Multi-Scale Constrained Deep Embedded Clustering
Chongwei Xie,Senlin Luo,Jinjie Zhou,Chenggang Cui,Limin Pan
DOI: https://doi.org/10.2139/ssrn.4657422
2023-01-01
Abstract:Deep semi-supervised clustering methods aim to leverage neural network to acquire dependable feature representations from growing high-dimensional data, in which non-randomized and preferentially selected or automatic construction of constraints from the data is both essential and challenging. However, existing methods suffer from invalid and imbalanced constraints by randomly constructing pairwise constraints, paying little attention to samples located at clustering boundaries, leading to blurring of clustering boundaries and inadequate separation among clusters.
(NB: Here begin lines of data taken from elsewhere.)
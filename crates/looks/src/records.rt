//! Answers with a line for each value, where rows are too wide.
use crate::slot::Slot;
use crate::table::{between, put_many};
use answer::Answer;
use std::alloc::AllocError;

// How long the line over a row is at most.
const HEAD_MOST: usize = 40;

// The least room of a value, which is then wider than what was asked for.
const ROOM_LEAST: usize = 8;

pub(crate) fn put_records(
    answer: &Answer,
    rows: &[Vec<Slot>],
    width: usize,
    text: &mut Vec<u8>,
) -> Result<(), AllocError> {
    let mut name_wide = 0;
    for column in &answer.columns {
        name_wide = column.name.as_str().len().max(name_wide);
    }
    for (at, row) in rows.iter().enumerate() {
        put_head(at, rows.len(), width, text)?;
        put_values(answer, row, name_wide, width, text)?;
    }
    Ok(())
}

// The line over the row at this place.
fn put_head(at: usize, count: usize, width: usize, text: &mut Vec<u8>) -> Result<(), AllocError> {
    let number = at.saturating_add(1);
    let head = format!(in *text.allocator(); "-- row {number} of {count} ")?;
    text.extend_from_slice(head.as_bytes())?;
    put_many(b'-', width.min(HEAD_MOST).saturating_sub(head.len()), text)?;
    text.push(b'\n')?;
    Ok(())
}

fn put_values(
    answer: &Answer,
    row: &[Slot],
    name_wide: usize,
    width: usize,
    text: &mut Vec<u8>,
) -> Result<(), AllocError> {
    for (column, slot) in answer.columns.iter().zip(row) {
        let name = column.name.as_str().as_bytes();
        put_many(b' ', name_wide.saturating_sub(name.len()), text)?;
        text.extend_from_slice(name)?;
        put_value(slot.text.as_bytes(), name_wide, width, text)?;
    }
    Ok(())
}

// A value, broken to the room that is left beside the names.
fn put_value(
    value: &[u8],
    name_wide: usize,
    width: usize,
    text: &mut Vec<u8>,
) -> Result<(), AllocError> {
    let beside = name_wide.saturating_add(2);
    let room = width.saturating_sub(beside).max(ROOM_LEAST);
    let mut indent = 2;
    for at in 0..value.len().div_ceil(room) {
        let start = at.saturating_mul(room);
        put_many(b' ', indent, text)?;
        text.extend_from_slice(between(value, start, start.saturating_add(room)))?;
        text.push(b'\n')?;
        indent = beside;
    }
    if value.is_empty() {
        text.push(b'\n')?;
    }
    Ok(())
}
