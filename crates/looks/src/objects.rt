//! Answers, outcomes and refusals as JSON.
ghost use Rattle.std.specs.Prelude.{◌≡◌, ◌++◌, ◌∷◌, [], map, codes, decimal, IfOk, OnOk, IfSome, Some};
ghost use Rattle.std.specs.List.{flat_map};
ghost use Rattle.std.specs.Option.{option_copied};
ghost use Rattle.period.specs.Instant.{instant_text};
ghost use Rattle.json.specs.Token.{key, number, string, begin_array, end_array, begin_object, end_object};
ghost use Rattle.looks.specs.Objects.{Adds, answer_tokens, array, slot_token, line_of, optional_token, row_tokens, value_token};

use crate::bare::Bare;
use answer::{Answer, Column, Shown, Shows};
use json::Writer;
use model::literal::Literal;
use model::member::Member;
use model::stamp::Stamp;
use model::value::Value;
use std::alloc::{AllocError, Global};
use std::fmt;

/// An answer as one JSON object on a line: the node that gives it, the last instant that was asked about, the columns'
/// names, and each row as an array. An INTEGER is a number, all else a string; an open system end is the highest value,
/// 9999-12-31 23:59:59.999999. The error is want of memory.
pub fn answer_as_json(alloc: Global, node: Member, answer: &Answer) -> Result<Vec<u8>, AllocError>
    ensures { IfOk result (λ text. text.items ≡ line_of (answer_tokens node answer.now)) }
{
    let mut writer = Writer::new(Vec::new(alloc));
    put_answer(alloc, node, answer, &mut writer)?;
    end_line(writer)
}

pub(crate) fn end_line(writer: Writer) -> Result<Vec<u8>, AllocError>
    ensures { IfOk result (λ text. text.items ≡ writer.before ++ line_of writer.tokens) }
{
    let mut text = writer.into_inner();
    text.push(b'\n')?;
    Ok(text)
}

#[tactic(auto, unfolding(crate::specs::Objects::answer_tokens))]
fn put_answer(
    alloc: Global,
    node: Member,
    answer: &Answer,
    writer: &mut Writer,
) -> Result<(), AllocError>
    ensures { Adds result writer.old writer.new (answer_tokens node answer.now) }
{
    writer.begin_object()?;
    put_number("node", node as u64, writer)?;
    put_instant(alloc, "last", answer.last, writer)?;
    put_columns(answer.columns.as_slice(), writer)?;
    put_rows(
        alloc,
        answer.columns.as_slice(),
        answer.rows.as_slice(),
        writer,
    )?;
    writer.end_object()
}

// A member of an object that is a number.
pub(crate) fn put_number(name: &str, value: u64, writer: &mut Writer) -> Result<(), AllocError>
    ensures { Adds result writer.old writer.new (key name.now ∷ number (decimal value) ∷ []) }
{
    writer.key(name)?;
    writer.u64(value)
}

// A member of an object that is an instant.
pub(crate) fn put_instant(
    alloc: Global,
    name: &str,
    instant: Stamp,
    writer: &mut Writer,
) -> Result<(), AllocError>
    ensures { Adds result writer.old writer.new (key name.now ∷ string (instant_text instant) ∷ []) }
{
    writer.key(name)?;
    let instant = instant.instant();
    put_string(alloc, instant, writer)
}

// The text of a value, as a string.
pub(crate) fn put_string<D: fmt::Display + Drop>(
    alloc: Global,
    value: D,
    writer: &mut Writer,
) -> Result<(), AllocError>
    ensures { IfSome (D.output value) (λ text. Adds result writer.old writer.new (string text ∷ [])) }
{
    let text = value.to_string(alloc)?;
    writer.string(text.as_str())
}

fn put_columns(columns: &[Column], writer: &mut Writer) -> Result<(), AllocError>
    ensures { Adds result writer.old writer.new (key (codes "columns") ∷ array (map (λ c. string c.name) columns.now)) }
{
    writer.key("columns")?;
    writer.begin_array()?;
    put_names(columns, writer)?;
    writer.end_array()
}

fn put_names(columns: &[Column], writer: &mut Writer) -> Result<(), AllocError>
    ensures { Adds result writer.old writer.new (map (λ c. string c.name) columns.now) }
{
    for column in columns {
        writer.string(column.name.as_str())?;
    }
    Ok(())
}

fn put_rows(
    alloc: Global,
    columns: &[Column],
    rows: &[Shown],
    writer: &mut Writer,
) -> Result<(), AllocError>
    ensures { Adds result writer.old writer.new (key (codes "rows") ∷ array (flat_map (row_tokens columns.now) rows.now)) }
{
    writer.key("rows")?;
    writer.begin_array()?;
    for row in rows {
        put_row(alloc, columns, row, writer)?;
    }
    writer.end_array()
}

fn put_row(
    alloc: Global,
    columns: &[Column],
    row: &Shown,
    writer: &mut Writer,
) -> Result<(), AllocError>
    ensures { Adds result writer.old writer.new (row_tokens columns.now row.now) }
{
    writer.begin_array()?;
    for column in columns {
        put_slot(alloc, row, column.shows, writer)?;
    }
    writer.end_array()
}

// What a column shows of the row.
fn put_slot(alloc: Global, row: &Shown, shows: Shows, writer: &mut Writer) -> Result<(), AllocError>
    ensures { Adds result writer.old writer.new (slot_token row.now shows ∷ []) }
{
    match shows {
        Shows::Key(place) => put_optional(alloc, row.key.as_slice().get(place), writer),
        Shows::Value(place) => put_optional(alloc, row.values.as_slice().get(place), writer),
        shows => put_string(alloc, Bare { row, shows }, writer),
    }
}

fn put_optional(alloc: Global, value: Option<&Value>, writer: &mut Writer) -> Result<(), AllocError>
    ensures { Adds result writer.old writer.new (optional_token (option_copied value.entry) ∷ []) }
{
    match value {
        Some(value) => put_value(alloc, value, writer),
        None => writer.null(),
    }
}

fn put_value(alloc: Global, value: &Value, writer: &mut Writer) -> Result<(), AllocError>
    ensures { Adds result writer.old writer.new (value_token value.now ∷ []) }
{
    match value {
        Value::Number(number) => writer.i64(*number),
        Value::Text(text) => writer.string(text.as_str()),
        value => {
            let literal = Literal(value);
            put_string(alloc, literal, writer)
        }
    }
}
Meanwhile, methods incorporating cluster size constraints based on expertise can result in severe misclassification of samples, which is exacerbated in methods without such constraints. In this paper, a multi-scale constrained deep embedded clustering model (MCDEC) is proposed, which comprehensively considers different constraints at three scales: sample-sample, sample-cluster, and cluster-cluster. Specifically, fuzzy clustering and uncertainty measurement are employed to construct pairwise constraints that are more informative and encompassed across all classes. Besides, selecting seed sets to initialize the cluster centers avoids centroid deviation. The construction of global size constraints that adapt to inter-cluster proportions, aligning closely with the real data distribution, enhances constraints between clusters. Experiments on various datasets empirically demonstrate that MCDEC outperforms the state-of-the-arts, reducing misclassified samples considerably while making clusters more compact and distant from each other.